Desafortunadamente, aplicar tal esquema a todas las políticas relevantes para el
subsector es una tarea demasiado ambiciosa para esta sencilla presentación. Es por esto
que hemos elegido analizar sólo tres que, en cierta medida, ejemplificaran los diversos
rasgos de una política pública, una de desarrollo productivo y una industrial.

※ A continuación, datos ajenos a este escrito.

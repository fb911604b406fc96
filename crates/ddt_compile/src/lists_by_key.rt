//! Maps from a key to a list of values.

ghost use Rattle.std.specs.Prelude.{◌≡◌, [], ◌∷◌, ◌++◌, false, OnOk};
ghost use Rattle.std.specs.Ordering.{eq_by_cmp};
ghost use Rattle.ddt_compile.specs.Lists.{list_at};

use ddt_path::Listed;
use std::alloc::{AllocError, Global};
use std::collections::BTreeMap;

/// Appends a value to the list at a key.
pub fn append<K: Ord + Drop, V: Drop>(
    lists: &mut BTreeMap<K, Vec<V>>,
    alloc: Global,
    key: K,
    value: V,
) -> Result<(), AllocError>
    ensures here { OnOk result (list_at K.cmp lists.new key ≡ list_at K.cmp lists.old key ++ value ∷ []) }
    ensures elsewhere { OnOk result ((k : K) → eq_by_cmp K.cmp key k ≡ false → list_at K.cmp lists.new k ≡ list_at K.cmp
        lists.old k) }
{
    lists.entry(key)?.or_insert(Vec::new(alloc)).push(value)?;
    Ok(())
}

/// Removes and returns the list at a key; an empty list if there is none.
pub fn take<K: Ord + Drop, V: Drop>(
    lists: &mut BTreeMap<K, Vec<V>>,
    alloc: Global,
    key: &K,
) -> Listed<V>
    ensures here { result ≡ list_at K.cmp lists.old key.now }
    ensures elsewhere { (k : K) → eq_by_cmp K.cmp key.now k ≡ false → list_at K.cmp lists.new k ≡ list_at K.cmp
        lists.old k }
{
    match lists.remove(key) {
        Some(list) => Listed::of(list),
        None => Listed::of(Vec::new(alloc)),
    }
}
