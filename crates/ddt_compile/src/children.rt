//! The delegations of a zone: the zones strictly below it with no zone between.

ghost use Rattle.std.specs.Prelude.{◌≡◌, [], IfOk, unwrap_or};
ghost use Rattle.std.specs.Ordering.{nat_cmp};
ghost use Rattle.std.specs.Cmp.Lexicographic.{slice_cmp};
ghost use Rattle.std.specs.BTreeMap.{get};
ghost use Rattle.ddt_compile.specs.GroupConfig.{children_of};
ghost use Rattle.ddt_compile.specs.Sorted.{AreSortedOf, HasLocatorsOf};

use crate::sorted_zones::zones_directly_below;
use ddt_check::Accepted;
use ddt_config::Child;
use ddt_path::{Listed, LocatorSet, Name};
use ddt_register::Zone;
use std::alloc::{AllocError, Global};
use std::collections::BTreeMap;

/// The children of a zone, in the order of their rows.
pub fn children_of_zone(
    alloc: Global,
    accepted: &Accepted,
    sets: &BTreeMap<Name, LocatorSet>,
    sorted: &[Zone],
    zone: &Zone,
) -> Result<Listed<Child>, AllocError>
    requires sets { HasLocatorsOf sets.now accepted.now }
    requires sorted { AreSortedOf accepted.now sorted.now }
    ensures { IfOk result (λ children. children ≡ children_of accepted.now zone.now) }
{
    let below = zones_directly_below(alloc, sorted, zone)?;
    let mut children = Vec::with_capacity(alloc, below.len())?;
    for delegated in &below {
        children.push(child(sets, delegated))?;
    }
    Ok(Listed::of(children))
}

/// The referral to a zone: its kind, and the locators of its group.
fn child(sets: &BTreeMap<Name, LocatorSet>, zone: &Zone) -> Child
    ensures prefix { result.prefix ≡ zone.now.prefix }
    ensures role { result.role ≡ zone.now.kind }
    ensures locators { result.locators ≡ unwrap_or (get (slice_cmp nat_cmp) sets.now zone.now.group) [] }
{
    Child {
        prefix: zone.prefix,
        role: zone.kind,
        locators: match sets.get(&zone.group) {
            Some(set) => *set,
            None => LocatorSet::none(),
        },
    }
}
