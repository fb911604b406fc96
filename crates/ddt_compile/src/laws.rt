//! The law of compiled configurations, over the definitions alone: the contract of a function that does nothing.

ghost use Rattle.ddt_compile.specs.laws.Statements.{AnswersHonestly, ConfigsAreShaped, ConfigsHaveRoom};

/// The configuration of each group of an accepted register answers each identifier, at each locator of the group, with
/// the record that an honest server with this locator sends (RFC 8111, sections 6.1, 7.1 and 7.2). It has the shape of
/// a configuration, and its authorities with all that they hold are fewer than 1,048,576.
pub fn a_compiled_configuration_answers_honestly()
    ensures honest { AnswersHonestly }
    ensures shaped { ConfigsAreShaped }
    ensures room { ConfigsHaveRoom }
{}
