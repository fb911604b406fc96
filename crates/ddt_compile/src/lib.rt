//! The compiler: from an accepted register to one configuration for each server group.
//!
//! In reading order: `configurations`, `children`, `sites`, `sorted_zones`, `wanted`, `lists_by_key`, `locators`,
//! `laws`.
//! Tests: tests/crates/register/compile.
#![tactic(auto)]

mod children;
mod configurations;
mod laws;
mod lists_by_key;
mod locators;
mod sites;
mod sorted_zones;
mod wanted;

pub use configurations::{compile, compile_group};
pub use laws::a_compiled_configuration_answers_honestly;
pub use locators::locators_by_name;
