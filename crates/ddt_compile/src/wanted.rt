//! Which groups are compiled.

ghost use Rattle.std.specs.Prelude.{◌≡◌};
ghost use Rattle.ddt_compile.specs.GroupConfig.{is_wanted as is_wanted_of};

use ddt_path::Name;

/// Whether the group of this name is compiled: each is, or the one of the name in `only` alone.
pub fn is_wanted(only: &Option<Name>, group: Name) -> bool
    ensures { result ≡ is_wanted_of only.now group }
{
    match only {
        Some(name) => group == *name,
        None => true,
    }
}
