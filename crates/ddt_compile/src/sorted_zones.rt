//! The zones directly below a zone, and the zone that holds a site, by the zones in the order of their prefixes. In
//! this order the zones that a zone covers follow it directly.

ghost use Rattle.std.specs.Prelude.{◌≡◌, ◌<◌, ◌≤◌, true, false, length, IsPermutation, IfOk, MatchOption};
ghost use Rattle.std.specs.List.{filter, Contains};
ghost use Rattle.std.specs.List.Sorted.{IsPartitionPoint};
ghost use Rattle.std.specs.Ordering.{nat_cmp, is_le};
ghost use Rattle.std.specs.Cmp.Lexicographic.{slice_cmp};
ghost use Rattle.ddt_path.specs.Covers.{covers};
ghost use Rattle.ddt_path.specs.declared.record.Role.TheVariants.{Ms};
ghost use Rattle.ddt_register.specs.declared.register.Register.{Register as ARegister};
ghost use Rattle.ddt_check.specs.Order.{AreZonesInOrder};
ghost use Rattle.ddt_check.specs.Zones.{is_direct_child};
ghost use Rattle.ddt_compile.specs.Sorted.{AreSortedOf, IsEndOf};

use ddt_path::Prefix;
use ddt_register::{Site, Zone};
use std::alloc::{AllocError, Global};

/// The zones in the order of their prefixes, then of their rows.
pub fn sorted_zones(alloc: Global, zones: &[Zone]) -> Result<Vec<Zone>, AllocError>
    ensures same { IfOk result (λ sorted. IsPermutation zones.now sorted.items) }
    ensures order { IfOk result (λ sorted. AreZonesInOrder sorted.items) }
{
    let mut sorted = Vec::from_slice(alloc, zones)?;
    sorted.sort_unstable_by_key(|z| (z.prefix, z.row));
    Ok(sorted)
}

/// The number of zones that sort at or before a prefix.
fn count_up_to(sorted: &[Zone], prefix: Prefix) -> usize
    requires { AreZonesInOrder sorted.now }
    ensures within { result ≤ length sorted.now }
    ensures point { IsPartitionPoint (λ z. is_le (slice_cmp nat_cmp z.prefix prefix) ≡ true)
        (λ z. is_le (slice_cmp nat_cmp z.prefix prefix) ≡ false) sorted.now result }
{
    sorted.partition_point(|z| z.prefix <= prefix)
}

/// The place after a zone and all zones that it covers.
fn end_of(sorted: &[Zone], at: usize) -> usize
    requires order { AreZonesInOrder sorted.now }
    requires at { at < length sorted.now }
    ensures { IsEndOf sorted.now at result }
{
    let prefix = sorted[at].prefix;
    let behind = &sorted[at + 1..];
    at + 1 + behind.partition_point(|z| prefix.covers(z.prefix))
}

/// The zones strictly below a zone with no zone between, in the order of their prefixes. The zones that these cover are
/// skipped.
fn directly_below(alloc: Global, sorted: &[Zone], zone: &Zone) -> Result<Vec<Zone>, AllocError>
    requires { AreZonesInOrder sorted.now }
    ensures { IfOk result (λ found. (r : ARegister) → AreSortedOf r sorted.now
        → found.items ≡ filter (is_direct_child r zone.now) sorted.now) }
{
    let mut found = Vec::new(alloc);
    let mut at = count_up_to(sorted, zone.prefix);
    while at < sorted.len() {
        let next = sorted[at];
        if !zone.prefix.covers(next.prefix) {
            return Ok(found);
        }
        found.push(next)?;
        at = end_of(sorted, at);
    }
    Ok(found)
}

/// The zones strictly below a zone with no zone between, in the order of their rows.
pub fn zones_directly_below(
    alloc: Global,
    sorted: &[Zone],
    zone: &Zone,
) -> Result<Vec<Zone>, AllocError>
    requires { AreZonesInOrder sorted.now }
    ensures { IfOk result (λ found. (r : ARegister) → AreSortedOf r sorted.now
        → found.items ≡ filter (is_direct_child r zone.now) r.zones) }
{
    let mut found = directly_below(alloc, sorted, zone)?;
    found.sort_unstable_by_key(|z| z.row);
    Ok(found)
}

/// The zone of Map-Servers that covers a site of an accepted register: the last zone that sorts at or before the site's
/// prefix.
pub fn holder(sorted: &[Zone], site: &Site) -> Option<Zone>
    requires { AreZonesInOrder sorted.now }
    ensures { (r : ARegister) → AreSortedOf r sorted.now → Contains r.sites site.now
        → MatchOption result ⊥ (λ z. Contains r.zones z × (z.kind ≡ Ms) × (covers z.prefix site.now.prefix ≡ true)) }
{
    let after = count_up_to(sorted, site.prefix);
    if after == 0 {
        return None;
    }
    Some(sorted[after - 1])
}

Descripción resumen de cada una de las secciones (evitando, en lo posible)
reiteraciones con lo que sigue)
En la segunda sección analizamos la …
En la tercera sección, presentamos la Ley de Software….
En la cuarta y última sección discutimos la situación de la educación superior en
informática.. Pese a esto, algunas reflexiones pueden realizarse sobre
Comparaciones
--------------------------------A pesar de que las comparaciones entre las tres políticas elegidas distan de ser
dóciles o diáfanas, algunos contrastes útiles pueden establecerse, por lo pronto, en
relación a las variables que consideramos en la primera sección. Naturalmente, las
políticas educativas que hemos analizado son políticas públicas, las Agenda Digital es
una de desarrollo productivo y la Ley de Software una política industrial. Estas tres
políticas son de oferta. Dos de ellas, la Agenda Digital y la ley de Software tienen un
carácter estratégico: buscan modificar la actual estructura productiva. La Agenda
Digital, a su vez, es o intenta ser una política de coordinación de los agentes de
mercado, mientras que las otras dos carecen de esa vocación. Finalmente, las políticas
públicas son estrictamente horizontales, mientras la Ley de Software es claramente
vertical. La Agenda Digital, por su parte, se sitúa en un punto intermedio, intentando
afectar a algunos agentes de distintas ramas, aunque sin llegar a ser horizontal.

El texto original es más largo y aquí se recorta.